# 92% of pax give 5*



## Sacto Burbs (Dec 28, 2014)

Glass half full


----------



## Shock (Jun 1, 2015)

Where did you get this stat from?


----------



## OrlUberOffDriver (Oct 27, 2014)

92% 5* can be good or bad. 
The 8% is what matters. 
If that 8% all give you a 1* that would give you a rating of 4.68 
On the flip side, if the above 8% gave you 4* then, your rating would be a 4.92

When a new Uber User downloads the app, Uber should have an explanation of the rating system in the welcome email. Such as to what deserves a 5*, 4* etc.


----------



## itsablackmarket (May 12, 2015)

OrlUberOffDriver said:


> 92% 5* can be good or bad.
> The 8% is what matters.
> If that 8% all give you a 1* that would give you a rating of 4.68
> On the flip side, if the above 8% gave you 4* then, your rating would be a 4.92
> ...


It doesn't matter because even if they did educate and that caused the average rating to go higher, they'd simply raise the bar. That's why I believe a much more fair system would be for every city to require that their drivers have a rating higher than that cities Yelp rating. Example, Uber SF rating may be something like 3.0/5 stars on Yelp, so thus, that is the driver requirement.


----------



## UberRidiculous (May 19, 2015)

Sacto Burbs said:


> Glass half full


NO 92% FULL!


----------



## UberBlackPr1nce (Dec 28, 2014)

OrlUberOffDriver said:


> 92% 5* can be good or bad.
> The 8% is what matters.
> If that 8% all give you a 1* that would give you a rating of 4.68
> On the flip side, if the above 8% gave you 4* then, your rating would be a 4.92
> ...


And that's why I like Lyft over uber they at least explain ratings and allow tipping and rate 15% more.


----------



## D Driver (Jan 25, 2015)

I got 90% 5* last week ended with 4.76 and a patronising below average. cos some coke drugged **** head gave me 1* . Too heavily weighted. I seen pax with 1* ratings still allowed to request. Pathetic system designed by children who never drove as a job before.


----------



## Emp9 (Apr 9, 2015)

perhaps , but how many of that percent is us putting up a sign in the car about ratings, or explaining the pax who are friendly that you need a 5 and 4 is failing according to uber? or at times they ask a favor i say 5 stars right? id say a good 20-25 percent of my 5's i had to hussle to get them.


----------



## duggles (Aug 25, 2014)

Actually, since Uber lowered rates in Denver and Lyft didn't match them, I mostly drive for Lyft these days. However, I squeeze in 1-3 Uber rides per week. Because my Uber rides are so few and far between, I get to see exactly who rates me and what they rate me. And to tell the truth, my experience these last few months is that Uber riders don't rate you at all 80% of the time. Mostly the ones that rate you are the ones that were unhappy and want to rate you less than 5. Otherwise, I usually have my last few rides show a rating of zero because most people DON'T RATE their drivers.


----------



## UberBlackPr1nce (Dec 28, 2014)

Emp9 said:


> perhaps , but how many of that percent is us putting up a sign in the car about ratings, or explaining the pax who are friendly that you need a 5 and 4 is failing according to uber? or at times they ask a favor i say 5 stars right? id say a good 20-25 percent of my 5's i had to hussle to get them.

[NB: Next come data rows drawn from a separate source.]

// Depth-first search of a linked image by parent edges (the paper's field b): for each vertex the tree edge into its parent is stored. No
// link is changed.
//
// The public function takes any input at all: it is refused with its number of document 01 and
// changes nothing, or it does its work. Document 01's element is a vertex here, its reference an edge.
// The written areas are passed one by one: each contract says of every one of them what was lent and what is left.
#![tactic(auto)]

ghost use Rattle.std.specs.Prelude.{◌≡◌, ◌≢◌, [], ◌∷◌, ◌+◌, ◌≤◌};
ghost use Rattle.graphs.specs.Image.{graph_of};
ghost use Rattle.graphs.specs.Refusals.{lent, unless_refused};
ghost use Rattle.graphs.specs.Results.{parent_left};
ghost use Rattle.refusals.specs.Numbers.{number_in};
ghost use Rattle.images.specs.Checking.{image_of};
ghost use Rattle.walks.specs.Promises.{depth_walk, DepthPromise, walked_of};
ghost use Rattle.walks.specs.Writing.{total};
ghost use Rattle.depth_parent.specs.Parents.{ParentAt, SomeParentAt, Goes, CanSearch, Ended};

use images::{Edge, Image, Vertex};
use refusals::Refusal;
use walks::{Kind, begin, check_walk, clear, emit, label};

// The place that the search has come to: the vertex being scanned, the edge next to traverse, null where none is left, the tree edge into
// that vertex, null for the start, and the tally. Both edges are words as the areas hold them, where 0 is null.
#[derive(Clone, Copy)]
pub(crate) struct Place {
    pub v: Vertex,
    pub e: Edge,
    pub f: Edge,
    pub tally: [u32; 7],
}

// Traverses e, the trailer being the tree edge into v: on to the vertex that it leads to where that is not labelled, else to the next edge.
fn advance(
    g: &Image,
    start: Vertex,
    marks: &mut [u16],
    parents: &mut [u16],
    events: &mut [u16],
    p: Place,
) -> Place
    requires { SomeParentAt (image_of g.now) start.0 marks.old parents.old events.old p × (p.e.0 ≢ 0) }
    ensures at { Goes (image_of g.now) start.0 marks.old parents.old events.old p
        marks.new parents.new events.new result }
    ensures words { total result.tally ≡ 2 + total p.tally }
{
    let x = g.tail[p.e.0 as usize - g.n as usize - 1];
    let i = x as usize - 1;
    if marks[i] == 0 {
        let a = emit(events, Kind::AdvanceTree as u16, p.e, p.v, p.tally);
        let tally = label(marks, events, Vertex(x), a);
        parents[i] = p.f.0;
        Place {
            v: Vertex(x),
            e: Edge(g.after[i]),
            f: p.e,
            tally,
        }
    } else {
        let a = emit(events, Kind::AdvanceNontree as u16, p.e, p.v, p.tally);
        let tally = emit(events, Kind::RetreatNontree as u16, p.e, p.v, a);
        Place {
            e: Edge(g.after[p.e.0 as usize - 1]),
            tally,
            ..p
        }
    }
}

// Ends the scan of v, and goes back along the tree edge into it.
fn retreat(
    g: &Image,
    start: Vertex,
    marks: &[u16],
    parents: &[u16],
    events: &mut [u16],
    p: Place,
) -> Place
    requires { SomeParentAt (image_of g.now) start.0 marks.now parents.now events.old p × (p.e.0 ≡ 0) × (p.f.0 ≢ 0) }
    ensures at { Goes (image_of g.now) start.0 marks.now parents.now events.old p
        marks.now parents.now events.new result }
    ensures words { total result.tally ≡ 2 + total p.tally }
{
    let a = emit(events, Kind::Scan as u16, Edge(0), p.v, p.tally);
    let f = parents[p.v.0 as usize - 1];
    let u = if f == 0 {
        start
    } else {
        Vertex(g.tail[f as usize - g.n as usize - 1])
    };
    let tally = emit(events, Kind::RetreatTree as u16, p.f, u, a);
    Place {
        v: u,
        e: Edge(g.after[p.f.0 as usize - 1]),
        f: Edge(f),
        tally,
    }
}

// Goes on until the vertex being scanned has no edge left.
fn descend(
    g: &Image,
    start: Vertex,
    marks: &mut [u16],
    parents: &mut [u16],
    events: &mut [u16],
    p: Place,
) -> Place
    requires { SomeParentAt (image_of g.now) start.0 marks.old parents.old events.old p }
    ensures at { Goes (image_of g.now) start.0 marks.old parents.old events.old p
        marks.new parents.new events.new result }
    ensures done { result.e.0 ≡ 0 }
    ensures words { total p.tally ≤ total result.tally }
{
    let mut q = p;
    while q.e.0 != 0 {
        q = advance(g, start, marks, parents, events, q);
    }
    q
}

// Goes on until every vertex on the path to v is scanned but the start, and that has no edge left.
fn finish(
    g: &Image,
    start: Vertex,
    marks: &mut [u16],
    parents: &mut [u16],
    events: &mut [u16],
    p: Place,
) -> Place
    requires { SomeParentAt (image_of g.now) start.0 marks.old parents.old events.old p }
    ensures at { Goes (image_of g.now) start.0 marks.old parents.old events.old p
        marks.new parents.new events.new result }
    ensures done { (result.e.0 ≡ 0) × (result.f.0 ≡ 0) }
{
    let mut q = p;
    loop {
        let d = descend(g, start, marks, parents, events, q);
        if d.f.0 == 0 {
            return d;
        }
        q = retreat(g, start, marks, parents, events, d);
    }
}

// Clears marks, but for the elements already on the blank, and parents, and labels the start.
fn open(
    g: &Image,
    before: &[u16],
    start: Vertex,
    marks: &mut [u16],
    parents: &mut [u16],
    events: &mut [u16],
) -> Place
    requires { CanSearch (image_of g.now) before.now start.0 marks.old parents.old events.old }
    ensures { ParentAt (image_of g.now) before.now start.0
        marks.old parents.old events.old marks.new parents.new events.new result }
{
    clear(parents, g.n as usize);
    let tally = begin(marks, events, g.nodes(), before, start);
    Place {
        v: start,
        e: Edge(g.after[start.0 as usize - 1]),
        f: Edge(0),
        tally,
    }
}

// The whole search.
fn search(
    g: &Image,
    before: &[u16],
    start: Vertex,
    marks: &mut [u16],
    parents: &mut [u16],
    events: &mut [u16],
) -> [u32; 7]
    requires { CanSearch (image_of g.now) before.now start.0 marks.old parents.old events.old }
    ensures { Ended (image_of g.now) before.now start.0
        marks.old parents.old events.old marks.new parents.new events.new result }
{
    let p = open(g, before, start, marks, parents, events);
    let q = finish(g, start, marks, parents, events, p);
    emit(events, Kind::Scan as u16, Edge(0), start, q.tally)
}

// Depth-first search of a linked image from start, with the elements already on the blank and n parent words; the events by kind. Refused
// by 1, 2, 3 (all areas), 4, 5, 6, 7, 17, 18.
pub fn dfs_parent(
    g: &Image,
    before: &[u16],
    start: Vertex,
    marks: &mut [u16],
    parents: &mut [u16],
    events: &mut [u16],
) -> Result<[u32; 7], Refusal>
    ensures walk { DepthPromise (image_of g.now) before.now start.0 (lent g.now.n parents.old ∷ [])
        marks.old events.old (walked_of result) marks.new events.new }
    ensures parents { parents.new ≡ unless_refused (number_in result) (parent_left (graph_of (image_of g.now))
        (depth_walk (image_of g.now) before.now start.0) parents.old) parents.old }
{
    let long = g.n as usize <= parents.len();
    check_walk(g, before, start, marks, events, long)?;
    Ok(search(g, before, start, marks, parents, events))
}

See its drivers like you who make my job hard. That's why pax use ratings as a tip because drivers hustle to hard for it (Non tangible goods). 
man up and take that ding like a man!


----------



## Jhett (Jun 15, 2015)

UberBlackPr1nce said:


> See its drivers like you who make my job hard. That's why pax use ratings as a tip because drivers hustle to hard for it (Non tangible goods).
> man up and take that ding like a man!


Excuse me . . . I'm new at this . . .what does pax stand for? Also, I have been told by a few riders that they must rate before they can get another ride . . .


----------



## Sacto Burbs (Dec 28, 2014)

Shock said:


> Where did you get this stat from?


I made it up. 4.6 is a 92% approval rating.


----------



## Shock (Jun 1, 2015)

Jhett said:


> Excuse me . . . I'm new at this . . .what does pax stand for? Also, I have been told by a few riders that they must rate before they can get another ride . . .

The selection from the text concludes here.